Search code examples
sqlsql-servervb.netstreamreaderstreamwriter

Am I being impatient or not Efficient?


So sum it up quickly I have a sqlServer database (using SSMS to work with it) and it has a table with order_num column and then a description column. e.g 16548221587 | Small hairbrush. I have index on order_num column.

I then have a VB.net app which basically i want it to allow the user to put a .txt file with a massive list of order_nums (>150,000, 1 per line) and what it does is reads these line by line and then search's the database, adds it all to a temp table then streamwrites it to a "Results" .txt file.

In regards to the title of this question i ask it because my code which i'll post below, works! and i'm clocking it at reading and find and inserting each find into the temp table at .427 seconds a search but put this with 150,000 records looking at it taking over 16 hours! So that's what i'm wondering am i doing this a topsy turvy way or am i expecting way too much of reading/finding and retrieving that many records and expect it to go quicker?

If System.IO.File.Exists(TextBox2.Text) Then
                    'read in file list of order numbers to search
                    result = From n In System.IO.File.ReadLines(TextBox2.Text)
                             Where n.Length = 13
                             Select n.Substring(0, 13)
                Else
                    MessageBox.Show("The file path you entered seems to be invalid. Please try again.")
                    Exit Sub
                End If



                For Each word As String In result

                    Dim cmd As New SqlCommand("dbo.OrdersToTemp", con)
                    cmd.CommandType = CommandType.StoredProcedure
                    cmd.Parameters.Add("@OrderNum", SqlDbType.NVarChar).Value = word.ToString()
                    cmd.CommandTimeout = 3000
                    cmd.ExecuteNonQuery()

                Next




                Using sw As New StreamWriter(TextBox2.Text.Substring(0, TextBox2.TextLength - 4) + "-results.txt")
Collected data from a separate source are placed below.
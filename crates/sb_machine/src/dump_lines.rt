//! A line of a dump, in a buffer of its own.

ghost use Rattle.std.specs.Prelude.{◌≡◌, ◌+◌, ◌*◌, ◌≤◌, [], ◌++◌, codes, flat_map, length};
ghost use Rattle.std.specs.Fmt.{decimal};
ghost use Rattle.sb_trace.specs.EndText.{hex};
ghost use Rattle.sb_trace.specs.Report.{line_feed};
ghost use Rattle.sb_shows.specs.Dump.{words_text, byte_text};
ghost use Rattle.sb_machine.specs.Machine.{core_words};

use crate::processor::CoreState;
use arrayvec::ArrayVec;
use itoa::Buffer;
use sb_memory::Frame;
use sb_text::{digit_glyph, write_digits};
use std::marker::Model;

/// At most 256 bytes: to contracts, the list of them. The longest line of a dump has 129.
#[derive(Drop)]
pub struct DumpLine {
    bytes: ArrayVec<u8, 256>,
}

impl Model for DumpLine {
    ghost use Rattle.std.specs.Prelude.{ℕ, List};

    ghost Value = { List ℕ };

    ghost view = { λ line. line.bytes.items };
}

impl DumpLine {
    /// The bytes.
    pub fn bytes(&self) -> &[u8]
        ensures same { result.now ≡ self.now }
        ensures few { length result.now ≤ 256 }
    {
        self.bytes.as_slice()
    }

    /// No bytes.
    fn new() -> DumpLine
        ensures { result ≡ [] }
    {
        DumpLine {
            bytes: ArrayVec::new(),
        }
    }

    /// Puts a text behind the bytes.
    fn put(&mut self, text: &[u8])
        requires { length self.old + length text.now ≤ 256 }
        ensures text { self.new ≡ self.old ++ text.now }
        ensures size { length self.new ≡ length self.old + length text.now }
    {
        let result = self.bytes.try_extend_from_slice(text);
        prove!(result.is_ok());
    }

    /// Puts the decimal digits of a number behind the bytes.
    fn put_decimal(&mut self, value: u64)
        requires { length self.old + 40 ≤ 256 }
        ensures text { self.new ≡ self.old ++ decimal value }
        ensures size { length self.new ≤ length self.old + 40 }
    {
        let mut buffer = Buffer::new();
        self.put(buffer.format(value).as_bytes());
    }

    /// Puts the hexadecimal digits of a number behind the bytes.
    fn put_hex(&mut self, value: u64)
        requires { length self.old + 64 ≤ 256 }
        ensures text { self.new ≡ self.old ++ hex value }
        ensures size { length self.new ≤ length self.old + 64 }
    {
        let mut buffer = [0; 64];
        let start = write_digits(value, &mut buffer);
        self.put(&buffer[start..]);
    }

    /// Puts the two digits of a byte behind the bytes.
    fn put_byte(&mut self, byte: u8)
        requires { length self.old + 2 ≤ 256 }
        ensures text { self.new ≡ self.old ++ byte_text byte }
        ensures size { length self.new ≡ length self.old + 2 }
    {
        self.bytes.push(digit_glyph(byte / 16));
        self.bytes.push(digit_glyph(byte % 16));
    }
}

/// The first line: the number of frames.
pub fn count_line(frames: u32) -> DumpLine
    ensures { result ≡ codes "dump " ++ (decimal frames ++ line_feed) }
{
    let mut line = DumpLine::new();
    line.put(b"dump ");
    line.put_decimal(u64::from(frames));
    line.put(b"\n");
    line
}

/// The line of a core: its words.
pub fn core_line(number: u8, state: &CoreState) -> DumpLine
    ensures { result ≡ codes "core " ++ (decimal number ++ (words_text (core_words state.now) ++ line_feed)) }
{
    let mut line = DumpLine::new();
    line.put(b"core ");
    line.put_decimal(u64::from(number));
    line.put(b" eptp ");
    line.put_hex(state.eptp);
    line.put(b" list ");
    line.put_hex(u64::from(state.list.0));
    line.put(b" cr3 ");
    line.put_hex(state.cr3);
    line.put(b"\n");
    line
}

/// The first line of a frame: its number.
pub fn frame_line(frame: Frame) -> DumpLine
    ensures { result ≡ codes "frame " ++ (hex frame.0 ++ line_feed) }
{
    let mut line = DumpLine::new();
    line.put(b"frame ");
    line.put_hex(u64::from(frame.0));
    line.put(b"\n");
    line
}

/// A line of bytes, two digits each.
pub fn bytes_line(bytes: &[u8]) -> DumpLine
    requires { length bytes.now ≤ 64 }
    ensures { result ≡ flat_map byte_text bytes.now ++ line_feed }
{
    let mut line = DumpLine::new();
    for byte in bytes {
        line.put_byte(*byte);
    }
    line.put(b"\n");
    line
}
                    Dim retrieveResults As New SqlCommand("dbo.GetResults", con)
                    retrieveResults.CommandType = CommandType.StoredProcedure
                    retrieveResults.CommandTimeout = 3000

                    Using RDR = retrieveResults.ExecuteReader

                        Do While RDR.Read



                            OrderDescription = RDR("Description").ToString()

                            sw.WriteLine(OrderDescription )

                        Loop

                    End Using




                End Using

UPDATE

I have taken some the advice on this and now i sqlbulkcopy the order_nums that need to be searched into a Temp table, this is done quite fast. I am then using a query such as

SELECT o.order_num, description
from OrderTable o
join TempOrderIdTable t on t.order_num = o.order_num

But it still seems quite slow getting even just 170 results takes like 30 seconds which in my eyes is quite slow. I put a clustered index on the order_num in the order_table and NO index on the temp table which is basically just the .txt file except in sql table

UPDATE 2

So like i said i now have a non-clustered index (orderNo include description) on OrderTable and a clusterd index(Order_num) on the TempTable BUT any sort of join or cross apply etc. takes still over 33 seconds to basically join 100 OrderNum and return just 170 which is still so slow. here are the joins I am trying:

select o.Order_num, t.description
from Temp_data o
join OrderTable on t.Order_num= o.Order_num


select x.Order_num, x.description
from OrderTable x
where Order_num in (select Order_num from Temp_data)


select x.Order_num,x.description
from OrderTable x
cross apply (select o.Order_num from Temp_data o where o.Order_num= x.Order_num) ord

SOLVED So it was me being an idiot for the final bit and you were all correct basically when i was making the temp table I accidentally made the Column a nvarchar whereas in the actual OrderTable it was just a varchar column for order_num. Sorry about that guys me being half asleep!


Solution

  • The issue with your code is that you execute this SQL command 150k times. That's never going to work (fast).

    What you can do is read the 150k values from the file first, then insert using SqlBulkCopy into a table, for example as shown in this SO answer. Basically do what your dbo.OrdersToTemp procedure does, in your vb.net code - all at once instead of one row at a time. This should take a couple of seconds at most, given latency for your current query.

    For the following query:

    SELECT o.order_num, description
    from OrderTable o
    join TempOrderIdTable t on t.order_num = o.order_num
    

    I'm assuming OrderTable can contain multiple records per order_num (you mentioned returning 170 rows for 100 orders), you could use indexes as such:

    CREATE INDEX ix ON OrderTable (order_num) INCLUDE (description)
    

    If the order numbers you have in the file are unique (and you can ensure uniqueness):

    CREATE UNIQUE CLUSTERED INDEX ux ON TempOrderIdTable (order_num);
    

    If your SQL Server edition supports it, you could compress the index with WITH (DATA_COMPRESSION = PAGE), but this requires an Enterprise license (or Developer, but you can't use that in prod environment).